▸ **ACTION ITEM**
If a line in the data has the string "gives", please show it.

(Stored data)
--------------------

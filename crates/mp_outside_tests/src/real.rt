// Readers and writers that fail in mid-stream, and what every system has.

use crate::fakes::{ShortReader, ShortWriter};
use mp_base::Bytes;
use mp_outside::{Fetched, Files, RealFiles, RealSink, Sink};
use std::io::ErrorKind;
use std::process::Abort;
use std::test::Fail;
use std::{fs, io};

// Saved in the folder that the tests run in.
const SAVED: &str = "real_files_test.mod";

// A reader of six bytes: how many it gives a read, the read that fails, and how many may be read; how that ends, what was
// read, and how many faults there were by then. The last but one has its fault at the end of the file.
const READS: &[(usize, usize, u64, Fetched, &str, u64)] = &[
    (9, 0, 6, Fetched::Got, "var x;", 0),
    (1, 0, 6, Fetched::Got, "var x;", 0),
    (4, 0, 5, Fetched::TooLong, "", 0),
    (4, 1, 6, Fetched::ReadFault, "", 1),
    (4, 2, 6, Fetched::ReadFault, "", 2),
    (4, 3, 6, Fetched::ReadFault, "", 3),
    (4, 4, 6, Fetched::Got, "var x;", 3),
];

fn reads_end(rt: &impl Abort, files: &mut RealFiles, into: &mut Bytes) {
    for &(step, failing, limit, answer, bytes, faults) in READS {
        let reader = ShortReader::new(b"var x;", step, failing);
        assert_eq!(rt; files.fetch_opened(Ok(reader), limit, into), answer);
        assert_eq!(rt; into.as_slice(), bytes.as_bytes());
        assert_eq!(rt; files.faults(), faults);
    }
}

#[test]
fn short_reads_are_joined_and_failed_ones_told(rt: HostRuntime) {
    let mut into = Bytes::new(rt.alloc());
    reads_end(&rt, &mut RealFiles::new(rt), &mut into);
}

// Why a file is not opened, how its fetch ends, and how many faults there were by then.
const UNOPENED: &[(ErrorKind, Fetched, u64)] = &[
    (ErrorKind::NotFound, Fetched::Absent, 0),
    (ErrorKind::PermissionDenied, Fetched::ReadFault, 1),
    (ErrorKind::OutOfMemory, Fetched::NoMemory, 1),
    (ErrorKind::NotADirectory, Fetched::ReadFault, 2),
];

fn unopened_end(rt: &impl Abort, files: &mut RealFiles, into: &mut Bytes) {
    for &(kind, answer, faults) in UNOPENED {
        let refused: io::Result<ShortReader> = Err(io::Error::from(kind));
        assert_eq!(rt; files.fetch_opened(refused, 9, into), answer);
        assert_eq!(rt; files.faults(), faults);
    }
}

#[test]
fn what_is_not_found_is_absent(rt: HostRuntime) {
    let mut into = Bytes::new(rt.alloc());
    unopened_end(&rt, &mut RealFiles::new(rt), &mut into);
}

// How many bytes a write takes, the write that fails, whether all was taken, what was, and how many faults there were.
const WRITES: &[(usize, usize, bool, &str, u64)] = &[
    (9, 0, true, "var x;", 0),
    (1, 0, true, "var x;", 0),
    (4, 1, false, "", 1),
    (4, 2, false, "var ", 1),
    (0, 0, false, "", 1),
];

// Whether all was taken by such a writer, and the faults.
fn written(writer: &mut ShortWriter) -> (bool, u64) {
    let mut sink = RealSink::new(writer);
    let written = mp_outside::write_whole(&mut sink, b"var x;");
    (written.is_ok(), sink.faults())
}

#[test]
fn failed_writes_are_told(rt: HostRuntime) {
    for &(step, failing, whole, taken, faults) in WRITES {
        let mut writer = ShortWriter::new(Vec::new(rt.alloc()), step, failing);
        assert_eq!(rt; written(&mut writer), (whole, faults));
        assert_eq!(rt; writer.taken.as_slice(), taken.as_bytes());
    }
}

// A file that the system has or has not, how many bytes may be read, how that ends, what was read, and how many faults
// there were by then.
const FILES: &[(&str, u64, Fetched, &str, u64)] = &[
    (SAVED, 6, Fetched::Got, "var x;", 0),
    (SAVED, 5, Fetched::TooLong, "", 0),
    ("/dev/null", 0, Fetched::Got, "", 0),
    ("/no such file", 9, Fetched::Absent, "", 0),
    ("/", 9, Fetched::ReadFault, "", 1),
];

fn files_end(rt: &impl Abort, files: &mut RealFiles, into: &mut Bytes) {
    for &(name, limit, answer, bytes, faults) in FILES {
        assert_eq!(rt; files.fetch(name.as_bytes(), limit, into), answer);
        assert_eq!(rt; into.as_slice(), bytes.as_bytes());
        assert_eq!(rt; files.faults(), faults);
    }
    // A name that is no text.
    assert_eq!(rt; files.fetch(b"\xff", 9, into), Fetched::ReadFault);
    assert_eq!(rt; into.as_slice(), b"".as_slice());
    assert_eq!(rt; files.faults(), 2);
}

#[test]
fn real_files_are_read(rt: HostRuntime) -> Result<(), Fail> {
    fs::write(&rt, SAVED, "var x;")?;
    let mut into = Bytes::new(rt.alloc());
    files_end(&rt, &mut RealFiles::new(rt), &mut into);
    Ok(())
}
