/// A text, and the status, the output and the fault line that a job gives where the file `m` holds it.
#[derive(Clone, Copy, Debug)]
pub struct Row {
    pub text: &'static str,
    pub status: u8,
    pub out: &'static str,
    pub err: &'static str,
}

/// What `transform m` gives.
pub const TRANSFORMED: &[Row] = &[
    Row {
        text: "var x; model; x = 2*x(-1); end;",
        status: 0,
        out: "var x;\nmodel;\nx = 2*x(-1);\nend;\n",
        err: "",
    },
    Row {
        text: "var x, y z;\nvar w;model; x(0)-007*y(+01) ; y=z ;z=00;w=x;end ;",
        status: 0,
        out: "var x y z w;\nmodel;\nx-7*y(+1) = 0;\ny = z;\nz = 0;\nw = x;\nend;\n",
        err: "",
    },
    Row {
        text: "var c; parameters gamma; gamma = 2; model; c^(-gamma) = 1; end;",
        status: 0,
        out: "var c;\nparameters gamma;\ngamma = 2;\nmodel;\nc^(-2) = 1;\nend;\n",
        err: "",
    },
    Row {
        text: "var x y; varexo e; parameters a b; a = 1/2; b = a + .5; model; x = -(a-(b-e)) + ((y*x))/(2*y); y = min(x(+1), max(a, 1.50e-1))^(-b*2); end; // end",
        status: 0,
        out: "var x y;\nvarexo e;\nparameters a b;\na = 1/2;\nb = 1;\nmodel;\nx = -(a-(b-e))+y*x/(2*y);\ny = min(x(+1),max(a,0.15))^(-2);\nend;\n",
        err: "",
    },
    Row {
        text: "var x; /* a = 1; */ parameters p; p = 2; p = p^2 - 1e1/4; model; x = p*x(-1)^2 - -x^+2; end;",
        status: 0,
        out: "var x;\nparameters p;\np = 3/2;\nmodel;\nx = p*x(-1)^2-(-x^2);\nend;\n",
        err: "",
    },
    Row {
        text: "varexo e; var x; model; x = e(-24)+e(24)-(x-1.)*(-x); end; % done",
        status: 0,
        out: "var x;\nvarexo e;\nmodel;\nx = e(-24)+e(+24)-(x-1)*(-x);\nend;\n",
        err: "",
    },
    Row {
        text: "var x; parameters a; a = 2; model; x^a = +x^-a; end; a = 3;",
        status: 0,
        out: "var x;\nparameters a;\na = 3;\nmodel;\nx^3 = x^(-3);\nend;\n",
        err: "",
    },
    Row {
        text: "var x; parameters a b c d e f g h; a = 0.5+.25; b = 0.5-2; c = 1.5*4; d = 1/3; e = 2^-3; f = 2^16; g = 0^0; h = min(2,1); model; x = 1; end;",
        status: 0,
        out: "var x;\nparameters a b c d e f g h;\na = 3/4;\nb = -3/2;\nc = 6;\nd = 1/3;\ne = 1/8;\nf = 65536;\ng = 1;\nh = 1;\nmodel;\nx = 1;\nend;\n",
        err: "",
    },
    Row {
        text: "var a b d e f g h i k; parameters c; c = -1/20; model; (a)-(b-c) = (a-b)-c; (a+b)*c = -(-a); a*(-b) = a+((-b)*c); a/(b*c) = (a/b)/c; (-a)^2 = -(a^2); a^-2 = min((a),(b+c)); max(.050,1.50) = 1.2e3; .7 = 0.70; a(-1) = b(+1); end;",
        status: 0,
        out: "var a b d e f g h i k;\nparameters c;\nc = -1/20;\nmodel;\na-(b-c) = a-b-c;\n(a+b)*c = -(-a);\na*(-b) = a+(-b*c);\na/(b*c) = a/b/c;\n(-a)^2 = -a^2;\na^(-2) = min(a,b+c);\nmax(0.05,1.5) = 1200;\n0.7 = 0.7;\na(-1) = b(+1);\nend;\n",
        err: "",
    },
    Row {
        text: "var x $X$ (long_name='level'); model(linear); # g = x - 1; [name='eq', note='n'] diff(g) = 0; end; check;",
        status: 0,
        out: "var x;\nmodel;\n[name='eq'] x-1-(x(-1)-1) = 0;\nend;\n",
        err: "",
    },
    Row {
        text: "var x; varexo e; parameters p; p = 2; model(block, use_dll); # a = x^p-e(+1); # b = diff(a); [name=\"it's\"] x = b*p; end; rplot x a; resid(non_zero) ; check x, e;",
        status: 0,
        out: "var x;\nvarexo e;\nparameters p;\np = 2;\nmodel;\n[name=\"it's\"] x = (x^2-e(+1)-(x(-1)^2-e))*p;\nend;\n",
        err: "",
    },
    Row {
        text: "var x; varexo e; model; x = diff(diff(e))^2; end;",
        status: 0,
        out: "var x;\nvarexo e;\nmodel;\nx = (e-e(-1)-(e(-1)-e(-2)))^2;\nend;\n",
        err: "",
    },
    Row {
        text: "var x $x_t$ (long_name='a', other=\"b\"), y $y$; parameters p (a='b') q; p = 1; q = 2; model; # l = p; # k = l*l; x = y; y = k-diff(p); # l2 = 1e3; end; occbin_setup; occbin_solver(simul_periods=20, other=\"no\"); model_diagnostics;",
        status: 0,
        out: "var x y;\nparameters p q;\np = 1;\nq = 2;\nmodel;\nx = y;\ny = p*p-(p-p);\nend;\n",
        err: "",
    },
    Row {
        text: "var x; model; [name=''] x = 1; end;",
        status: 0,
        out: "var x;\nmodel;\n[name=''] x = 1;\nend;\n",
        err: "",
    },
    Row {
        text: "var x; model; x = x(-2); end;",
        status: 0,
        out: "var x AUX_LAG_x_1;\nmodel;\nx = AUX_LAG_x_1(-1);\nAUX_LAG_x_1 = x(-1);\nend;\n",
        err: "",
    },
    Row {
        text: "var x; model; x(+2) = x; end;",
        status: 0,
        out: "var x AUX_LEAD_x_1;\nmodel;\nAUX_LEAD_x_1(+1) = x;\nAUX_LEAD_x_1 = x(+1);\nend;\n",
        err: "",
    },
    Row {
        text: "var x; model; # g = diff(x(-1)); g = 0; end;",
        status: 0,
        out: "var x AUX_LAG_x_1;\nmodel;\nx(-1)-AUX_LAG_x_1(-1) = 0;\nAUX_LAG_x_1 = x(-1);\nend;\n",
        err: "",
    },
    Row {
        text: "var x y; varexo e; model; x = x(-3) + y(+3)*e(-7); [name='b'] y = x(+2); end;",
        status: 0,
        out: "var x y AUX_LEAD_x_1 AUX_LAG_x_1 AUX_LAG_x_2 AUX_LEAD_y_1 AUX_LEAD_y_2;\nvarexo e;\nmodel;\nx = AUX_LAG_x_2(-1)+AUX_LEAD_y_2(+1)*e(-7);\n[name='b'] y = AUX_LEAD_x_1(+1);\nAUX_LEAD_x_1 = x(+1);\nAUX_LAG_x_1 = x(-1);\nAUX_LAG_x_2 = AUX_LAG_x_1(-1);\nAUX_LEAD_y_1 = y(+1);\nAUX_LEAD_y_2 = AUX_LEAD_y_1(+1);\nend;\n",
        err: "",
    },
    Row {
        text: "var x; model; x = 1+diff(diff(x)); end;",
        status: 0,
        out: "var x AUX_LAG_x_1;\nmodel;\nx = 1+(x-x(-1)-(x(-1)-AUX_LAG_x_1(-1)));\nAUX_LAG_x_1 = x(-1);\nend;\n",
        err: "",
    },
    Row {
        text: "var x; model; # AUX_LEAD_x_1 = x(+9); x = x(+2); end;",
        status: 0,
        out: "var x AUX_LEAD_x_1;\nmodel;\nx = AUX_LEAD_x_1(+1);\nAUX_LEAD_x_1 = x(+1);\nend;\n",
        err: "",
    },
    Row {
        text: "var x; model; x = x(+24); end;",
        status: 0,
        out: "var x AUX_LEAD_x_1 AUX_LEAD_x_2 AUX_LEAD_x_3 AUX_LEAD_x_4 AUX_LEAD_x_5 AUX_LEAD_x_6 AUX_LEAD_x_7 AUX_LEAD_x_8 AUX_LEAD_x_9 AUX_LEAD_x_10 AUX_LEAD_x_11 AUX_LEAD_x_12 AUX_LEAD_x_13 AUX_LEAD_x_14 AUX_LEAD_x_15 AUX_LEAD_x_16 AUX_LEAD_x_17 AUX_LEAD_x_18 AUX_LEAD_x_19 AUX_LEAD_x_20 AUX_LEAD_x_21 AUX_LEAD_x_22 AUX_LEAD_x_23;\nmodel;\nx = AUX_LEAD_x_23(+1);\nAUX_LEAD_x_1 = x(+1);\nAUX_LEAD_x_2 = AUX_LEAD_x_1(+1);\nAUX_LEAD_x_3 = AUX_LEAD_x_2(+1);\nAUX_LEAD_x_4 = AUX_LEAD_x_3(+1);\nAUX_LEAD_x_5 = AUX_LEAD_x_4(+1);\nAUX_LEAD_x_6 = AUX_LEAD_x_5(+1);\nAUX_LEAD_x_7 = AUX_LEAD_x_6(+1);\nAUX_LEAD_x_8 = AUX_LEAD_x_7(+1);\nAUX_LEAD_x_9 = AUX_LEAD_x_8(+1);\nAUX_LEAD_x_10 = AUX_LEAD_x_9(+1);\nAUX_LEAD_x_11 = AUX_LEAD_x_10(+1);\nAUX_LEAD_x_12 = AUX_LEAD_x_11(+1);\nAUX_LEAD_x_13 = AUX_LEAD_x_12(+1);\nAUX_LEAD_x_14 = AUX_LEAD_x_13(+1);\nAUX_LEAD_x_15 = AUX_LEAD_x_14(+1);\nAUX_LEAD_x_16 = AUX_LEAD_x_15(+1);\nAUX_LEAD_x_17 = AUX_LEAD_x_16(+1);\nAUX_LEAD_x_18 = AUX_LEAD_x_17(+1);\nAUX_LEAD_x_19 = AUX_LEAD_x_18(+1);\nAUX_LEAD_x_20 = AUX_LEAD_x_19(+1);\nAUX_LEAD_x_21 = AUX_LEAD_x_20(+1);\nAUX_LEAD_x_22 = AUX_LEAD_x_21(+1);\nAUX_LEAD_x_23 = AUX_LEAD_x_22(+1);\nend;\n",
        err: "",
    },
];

--------------------

▸ **RESPONSE TO THIS TASK**
// A reader of six bytes: how many it gives a read, the read that fails, and how many may be read; how that ends, what was
/// A text, and the status, the output and the fault line that a job gives where the file `m` holds it.
/// What `transform m` gives.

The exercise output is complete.